St Dominic Savio is the youngest non-martyr to be officially canonised in the Catholic Church. He owes a lot to the influence of his mentor, St John Bosco, with whom he went to train for the priesthood. Patrick Duffy outlines his life. Of poor parents Born at Riva near Turin, Dominic was one of ten children […]
St Dominic Savio is the youngest non-martyr to be officially canonised in the Catholic Church. He owes a lot to the influence of his mentor, St John Bosco, with whom he went to train for the priesthood. Patrick Duffy outlines his life.
Of poor parents
Born at Riva near Turin, Dominic was one of ten children of poor parents: Carlo, a blacksmith and Birgitta, a seamstress. Already in his home, he showed signs of unusual holiness and was serving Mass by the time he was five.
When he made his First Communion, at the age of seven, he wrote down his plan of life: “I will go to confession very often and go to communion as often as my confessor gives me permission. I will celebrate Sundays and feast days as holy days. Jesus and Mary will be my friends. Death rather than sin.”
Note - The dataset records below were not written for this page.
// The rows of the book as a plain list, in path order.
ghost use Rattle.std.specs.Prelude.{◌≡◌, ◌≤◌, OnOk, find, length, map, position};
ghost use Rattle.std.specs.Option.{option_copied};
ghost use Rattle.std.specs.List.{list_any, position_or_len};
ghost use Rattle.mat_model.specs.Rows.{comes_after, covers, cover, overlaps_row, put_row, standing_row, used, used_row};
ghost use Rattle.mat_model.specs.Work.{is_declared};

use mat_model::Row;
use mat_path::{Memory, Path};

/// Whether a row covers a path.
#[tactic(auto, using(crate::proofs::RowLemmas::has_node_is))]
pub fn covers(row: &Row, path: &Path) -> bool
    ensures { result ≡ covers path.now row.now }
{
    match row.path.below(path) {
        Some(rest) => row.tree.has(rest).is_some(),
        None => false,
    }
}

/// The row that covers a path.
pub fn cover<'a>(rows: &'a [Row], path: &Path) -> Option<&'a Row>
    ensures { option_copied result ≡ cover rows.entry.now path.now }
{
    rows.iter().find(|row| covers(row, path))
}

/// Whether any row overlaps a path.
pub fn any_overlaps(rows: &[Row], path: &Path) -> bool
    ensures { result ≡ list_any (overlaps_row path.now) rows.now }
{
    rows.iter().any(|row| row.path.overlaps(path))
}

/// Whether a row comes after a path.
fn comes_after(row: &Row, path: &Path) -> bool
    ensures { result ≡ comes_after path.now row.now }
{
    *path < row.path
}

/// The first row that comes after a path.
fn first_after(rows: &[Row], path: &Path) -> Option<usize>
    ensures { result ≡ position (comes_after path.now) rows.now }
{
    rows.iter().position(|row| comes_after(row, path))
}

/// The place in front of the first row that comes after a path, or the end.
#[tactic(auto, using(crate::proofs::RowLemmas::position_is))]
fn place_of(rows: &[Row], path: &Path) -> usize
    ensures value { result ≡ position_or_len (comes_after path.now) rows.now }
    ensures within { result ≤ length rows.now }
{
    first_after(rows, path).unwrap_or(rows.len())
}

/// Puts a row into its place.
#[tactic(auto, using(crate::proofs::RowLemmas::put_row_is))]
pub fn put_row(rows: &mut Vec<Row>, row: Row) -> Result<(), Memory>
    ensures { OnOk result (rows.new.items ≡ put_row row rows.old.items) }
{
    let at = place_of(rows.as_slice(), &row.path);
    rows.insert(at, row)?;
    Ok(())
}

/// Notes a use of the row at a path.
fn touch(rows: &mut [Row], path: &Path, moment: u64)
    ensures { rows.new ≡ used path.now moment rows.old }
{
    for row in rows.iter_mut() {
        touch_row(row, path, moment);
    }
}

/// Notes a use of the row at a path, in a list that may grow.
pub fn note_use(rows: &mut Vec<Row>, path: &Path, moment: u64)
    ensures { rows.new.items ≡ used path.now moment rows.old.items }
{
    touch(rows.as_mut_slice(), path, moment);
}

/// Notes a use of a row, if it is at the path.
fn touch_row(row: &mut Row, path: &Path, moment: u64)
    ensures { row.new ≡ used_row path.now moment row.old }
{
    if row.path == *path {
        row.last = moment;
    }
}

/// Whether a row was declared at a path under a stamp.
fn is_declared(row: &Row, path: &Path, stamp: u64) -> bool
    ensures { result ≡ is_declared path.now stamp row.now }
{
    row.path == *path && row.stamp == stamp
}

/// The row that was declared at a path under a stamp.
pub fn declared<'a>(rows: &'a [Row], path: &Path, stamp: u64) -> Option<&'a Row>
    ensures { option_copied result ≡ find (is_declared path.now stamp) rows.entry.now }
{
    rows.iter().find(|row| is_declared(row, path, stamp))
}

/// Makes the row at a path stand.
pub fn stand(rows: &mut [Row], path: &Path)
    ensures { rows.new ≡ map (standing_row path.now) rows.old }
{
    for row in rows.iter_mut() {
        stand_row(row, path);
    }
}

/// Makes a row stand, if it is at the path.
fn stand_row(row: &mut Row, path: &Path)
    ensures { row.new ≡ standing_row path.now row.old }
{
    if row.path == *path {
        row.stands = true;
    }
}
Don Bosco’s school in Turin
At twelve Dominic went to the school of St John Bosco in Turin. Don Bosco examined him for entrance and at the end of the questions, Dominic asked him: “What do you think of me?” “I think you’re good material,” said the priest smiling. “Well, then,” said Dominic, “You are a good tailor, so if the material is good, take me and make a new suit out of me for Our Lord!”
A maturity beyond his years
One day, a boy in the school was showing a magazine with immodest pictures to a group of other boys gathered round him. “What’s up?” wondered Dominic, and he, too, went to look. Just one peek was enough for him. He grabbed the magazine and tore it to pieces, saying: “Poor us! Did God give us eyes to look at such things as this? Are you not ashamed?” “Oh, we were just looking at these pictures for the fun of it,” said one boy. “Sure, for fun,” answered Dominic, “and in the meantime you’re preparing yourselves to go to hell!” “What’s so wrong about looking at these pictures anyway?” another fellow demanded. Dominic replied: “If you don’t see anything wrong, that is even worse. It means you’re used to looking at shameful things!”
Dominic tried to do physical penances, like making his bed uncomfortable with small stones and pieces of wood, sleeping with a thin covering in winter, wearing a hair shirt, and fasting on bread and water. When his mentor Don Bosco and his confessor came to know this, they forbade it, as it could affect his health. Don Bosco told Dominic that as a schoolboy, the best penance would be to do all his duties with perfection and humility, and that obedience was the greatest sacrifice. From this time on Don Bosco notes that Dominic did not complain about the food or the weather, but bore all suffering cheerfully, and practised custody of his eyes and tongue.
One day during the winter months two boys filled the school stove with snow and rubbish. When the teacher came into the room, they falsely accused Dominic of doing the “dirty” deed. Although disciplined in front of the entire class, Dominic refused to tell on the two mischievous boys. When the truth was later revealed, Dominic was asked why he didn’t confess to his innocence. He remarked that he was imitating Our Lord, who stayed silent during his persecutions and crucifixion. He is the patron saint of those falsely accused. Dominic had many friends who really cared for him
Sodality of Mary Immaculate
In 1854, when Pope Blessed Pius IX proclaimed the dogma of the Immaculate Conception, Dominic consecrated himself to Mary. In 1856 he set up the Sodality of Mary Immaculate with a group of his friends, to carry out apostolic work together. Don Bosco’s mother (Mamma Margaret), who had come to Turin to help her priest son in his school, said one day: “You have many good boys, but none can match the good heart and soul of Dominic Savio. I see him so often at prayer, staying in church after the others; every day he slips out of the playground to make a visit to the Blessed Sacrament. When he is in church he is like an angel living in paradise.”
Death at fifteen
Just a month before his fifteenth birthday Dominic developed tuberculosis and was sent home to recover. On the evening of 9th March, he asked his father to say the prayers for the dying. His face lit up with an intense joy and he said to his father: “I am seeing most wonderful things!” These were his last words.
“Small in size, but a towering giant in spirit”
Dominic’s remains are in the Basilica of Mary Help of Christians, built by Don Bosco in Turin as the headquarters of his Salesian order.
Don Bosco wrote his Life, which paved the way for his beatification in 1950 and his canonisation in 1954.
Pope Pius XI, who declared him “venerable” in 1933, described him as “small in size, but a towering giant in spirit.”